--- RECORDS SUPPLIED ---

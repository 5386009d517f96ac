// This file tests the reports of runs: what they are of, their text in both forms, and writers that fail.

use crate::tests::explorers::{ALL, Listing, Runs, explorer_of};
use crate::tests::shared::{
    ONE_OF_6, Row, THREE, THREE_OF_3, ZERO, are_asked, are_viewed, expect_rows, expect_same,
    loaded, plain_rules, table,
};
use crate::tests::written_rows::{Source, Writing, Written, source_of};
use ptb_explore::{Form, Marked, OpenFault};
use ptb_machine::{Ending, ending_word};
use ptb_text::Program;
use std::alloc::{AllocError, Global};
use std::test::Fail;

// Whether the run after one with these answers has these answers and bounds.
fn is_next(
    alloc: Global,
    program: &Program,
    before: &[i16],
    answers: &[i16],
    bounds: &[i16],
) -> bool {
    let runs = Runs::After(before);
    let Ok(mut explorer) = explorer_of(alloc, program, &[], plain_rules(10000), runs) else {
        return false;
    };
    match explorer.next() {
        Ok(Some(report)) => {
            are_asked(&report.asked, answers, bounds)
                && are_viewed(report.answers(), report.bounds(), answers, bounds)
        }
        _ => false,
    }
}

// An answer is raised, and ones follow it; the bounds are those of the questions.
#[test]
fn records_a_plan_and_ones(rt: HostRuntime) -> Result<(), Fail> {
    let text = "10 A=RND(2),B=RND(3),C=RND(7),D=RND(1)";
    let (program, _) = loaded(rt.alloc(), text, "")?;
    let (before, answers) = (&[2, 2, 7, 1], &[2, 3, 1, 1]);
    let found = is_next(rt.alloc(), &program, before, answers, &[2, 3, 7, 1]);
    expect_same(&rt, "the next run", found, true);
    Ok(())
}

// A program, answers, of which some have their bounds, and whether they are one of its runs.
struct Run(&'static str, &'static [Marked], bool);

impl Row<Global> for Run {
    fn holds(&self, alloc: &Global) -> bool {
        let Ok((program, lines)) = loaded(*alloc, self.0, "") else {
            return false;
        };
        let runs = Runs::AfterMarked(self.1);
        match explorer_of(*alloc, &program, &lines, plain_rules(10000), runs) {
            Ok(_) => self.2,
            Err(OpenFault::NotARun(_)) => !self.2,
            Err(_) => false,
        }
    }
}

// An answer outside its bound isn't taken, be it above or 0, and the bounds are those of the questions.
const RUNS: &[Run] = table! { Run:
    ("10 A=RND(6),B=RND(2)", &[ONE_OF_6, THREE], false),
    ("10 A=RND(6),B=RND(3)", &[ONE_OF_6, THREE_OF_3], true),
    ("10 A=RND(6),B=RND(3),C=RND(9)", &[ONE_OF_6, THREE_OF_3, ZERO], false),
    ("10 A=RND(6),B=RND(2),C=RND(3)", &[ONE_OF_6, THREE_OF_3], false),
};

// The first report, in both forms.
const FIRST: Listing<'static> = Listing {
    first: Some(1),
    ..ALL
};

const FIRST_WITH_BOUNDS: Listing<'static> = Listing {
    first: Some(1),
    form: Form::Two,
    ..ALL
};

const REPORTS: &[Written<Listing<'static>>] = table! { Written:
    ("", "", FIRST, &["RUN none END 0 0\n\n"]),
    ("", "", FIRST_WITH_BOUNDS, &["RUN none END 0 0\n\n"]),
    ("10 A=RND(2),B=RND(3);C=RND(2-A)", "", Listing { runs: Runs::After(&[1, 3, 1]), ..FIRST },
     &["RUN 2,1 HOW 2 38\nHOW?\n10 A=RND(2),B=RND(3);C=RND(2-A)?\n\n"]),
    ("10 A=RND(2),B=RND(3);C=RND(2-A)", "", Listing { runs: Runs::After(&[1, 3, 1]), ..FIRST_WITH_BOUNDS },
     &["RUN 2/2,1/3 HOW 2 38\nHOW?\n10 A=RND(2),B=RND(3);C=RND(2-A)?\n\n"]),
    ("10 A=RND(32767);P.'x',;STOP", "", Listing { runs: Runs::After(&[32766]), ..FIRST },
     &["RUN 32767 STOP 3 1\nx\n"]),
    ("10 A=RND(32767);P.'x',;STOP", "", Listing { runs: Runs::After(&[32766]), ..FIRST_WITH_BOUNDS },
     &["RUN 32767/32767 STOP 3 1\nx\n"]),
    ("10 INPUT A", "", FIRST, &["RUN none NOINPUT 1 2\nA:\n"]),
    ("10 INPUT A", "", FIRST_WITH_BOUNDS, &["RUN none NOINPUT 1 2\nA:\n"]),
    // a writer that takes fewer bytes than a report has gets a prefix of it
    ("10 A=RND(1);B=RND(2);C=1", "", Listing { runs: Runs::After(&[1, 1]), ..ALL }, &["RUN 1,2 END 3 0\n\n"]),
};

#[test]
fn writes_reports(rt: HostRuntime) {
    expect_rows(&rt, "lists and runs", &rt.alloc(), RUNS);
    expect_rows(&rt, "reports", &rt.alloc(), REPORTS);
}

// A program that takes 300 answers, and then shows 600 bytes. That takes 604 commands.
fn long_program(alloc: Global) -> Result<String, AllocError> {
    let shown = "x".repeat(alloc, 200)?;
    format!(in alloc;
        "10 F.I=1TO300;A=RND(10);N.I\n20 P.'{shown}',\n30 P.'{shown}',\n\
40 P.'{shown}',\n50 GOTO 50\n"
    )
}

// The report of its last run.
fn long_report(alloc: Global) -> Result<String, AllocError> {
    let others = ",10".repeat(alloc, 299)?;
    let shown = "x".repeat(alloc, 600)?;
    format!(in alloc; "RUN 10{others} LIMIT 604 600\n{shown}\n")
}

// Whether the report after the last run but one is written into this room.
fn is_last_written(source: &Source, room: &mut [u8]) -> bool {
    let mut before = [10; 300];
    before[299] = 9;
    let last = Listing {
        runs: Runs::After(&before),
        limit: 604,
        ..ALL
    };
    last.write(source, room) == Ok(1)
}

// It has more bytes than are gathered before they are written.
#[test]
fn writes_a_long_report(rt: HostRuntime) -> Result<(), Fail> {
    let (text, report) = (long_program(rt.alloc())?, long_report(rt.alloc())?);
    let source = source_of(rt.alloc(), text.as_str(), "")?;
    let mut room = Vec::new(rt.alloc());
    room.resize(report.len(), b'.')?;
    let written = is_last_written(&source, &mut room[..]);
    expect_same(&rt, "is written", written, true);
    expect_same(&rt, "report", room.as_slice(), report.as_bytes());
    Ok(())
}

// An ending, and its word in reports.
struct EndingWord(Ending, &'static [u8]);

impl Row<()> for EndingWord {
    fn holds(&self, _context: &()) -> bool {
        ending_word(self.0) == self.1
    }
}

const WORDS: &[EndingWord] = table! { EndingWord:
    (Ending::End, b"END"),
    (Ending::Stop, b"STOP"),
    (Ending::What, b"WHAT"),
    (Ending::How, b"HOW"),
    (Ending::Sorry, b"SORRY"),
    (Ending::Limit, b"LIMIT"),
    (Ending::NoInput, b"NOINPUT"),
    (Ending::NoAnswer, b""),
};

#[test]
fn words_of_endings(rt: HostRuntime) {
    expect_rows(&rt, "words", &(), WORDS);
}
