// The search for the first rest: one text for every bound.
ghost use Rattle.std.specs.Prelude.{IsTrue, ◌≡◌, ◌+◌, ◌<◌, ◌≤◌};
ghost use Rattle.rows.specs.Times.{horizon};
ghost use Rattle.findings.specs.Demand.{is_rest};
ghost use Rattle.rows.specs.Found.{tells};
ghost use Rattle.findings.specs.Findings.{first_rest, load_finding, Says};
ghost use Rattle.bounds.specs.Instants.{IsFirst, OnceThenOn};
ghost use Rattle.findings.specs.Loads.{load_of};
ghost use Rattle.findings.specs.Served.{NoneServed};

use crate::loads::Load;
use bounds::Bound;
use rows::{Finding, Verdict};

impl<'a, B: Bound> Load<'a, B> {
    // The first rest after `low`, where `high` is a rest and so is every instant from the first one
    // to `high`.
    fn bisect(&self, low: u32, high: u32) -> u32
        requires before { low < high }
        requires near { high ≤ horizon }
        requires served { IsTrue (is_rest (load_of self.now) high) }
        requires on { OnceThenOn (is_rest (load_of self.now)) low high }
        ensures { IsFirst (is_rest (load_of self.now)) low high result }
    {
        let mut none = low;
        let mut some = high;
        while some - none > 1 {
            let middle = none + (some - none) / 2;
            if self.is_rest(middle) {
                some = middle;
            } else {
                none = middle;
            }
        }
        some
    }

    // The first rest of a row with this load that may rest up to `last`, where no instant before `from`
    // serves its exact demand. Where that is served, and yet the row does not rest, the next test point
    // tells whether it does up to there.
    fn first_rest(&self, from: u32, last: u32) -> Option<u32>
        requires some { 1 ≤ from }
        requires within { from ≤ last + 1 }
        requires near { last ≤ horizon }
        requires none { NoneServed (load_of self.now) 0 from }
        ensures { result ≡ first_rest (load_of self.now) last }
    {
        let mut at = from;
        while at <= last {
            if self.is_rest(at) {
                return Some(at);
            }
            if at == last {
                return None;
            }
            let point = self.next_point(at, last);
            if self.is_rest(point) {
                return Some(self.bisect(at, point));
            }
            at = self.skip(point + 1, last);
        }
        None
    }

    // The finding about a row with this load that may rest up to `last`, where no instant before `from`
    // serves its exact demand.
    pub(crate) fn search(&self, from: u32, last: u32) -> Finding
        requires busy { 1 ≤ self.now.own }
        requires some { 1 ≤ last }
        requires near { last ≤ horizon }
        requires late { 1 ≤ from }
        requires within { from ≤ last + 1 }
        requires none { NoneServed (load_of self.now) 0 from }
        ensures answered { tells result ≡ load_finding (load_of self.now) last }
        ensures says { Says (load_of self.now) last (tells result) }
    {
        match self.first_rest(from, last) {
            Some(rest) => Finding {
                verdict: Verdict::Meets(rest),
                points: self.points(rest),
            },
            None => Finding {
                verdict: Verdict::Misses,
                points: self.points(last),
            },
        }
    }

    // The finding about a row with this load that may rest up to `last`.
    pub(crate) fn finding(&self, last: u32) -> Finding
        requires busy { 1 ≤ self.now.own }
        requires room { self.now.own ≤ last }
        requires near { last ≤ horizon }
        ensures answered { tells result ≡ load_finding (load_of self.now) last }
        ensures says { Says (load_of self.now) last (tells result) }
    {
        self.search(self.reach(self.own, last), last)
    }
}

---

Among the records, find all lines that include the string "STOP" and return them.

    ("10 A=RND(32767);P.'x',;STOP", "", Listing { runs: Runs::After(&[32766]), ..FIRST },
     &["RUN 32767 STOP 3 1\nx\n"]),
    ("10 A=RND(32767);P.'x',;STOP", "", Listing { runs: Runs::After(&[32766]), ..FIRST_WITH_BOUNDS },
     &["RUN 32767/32767 STOP 3 1\nx\n"]),
    (Ending::Stop, b"STOP"),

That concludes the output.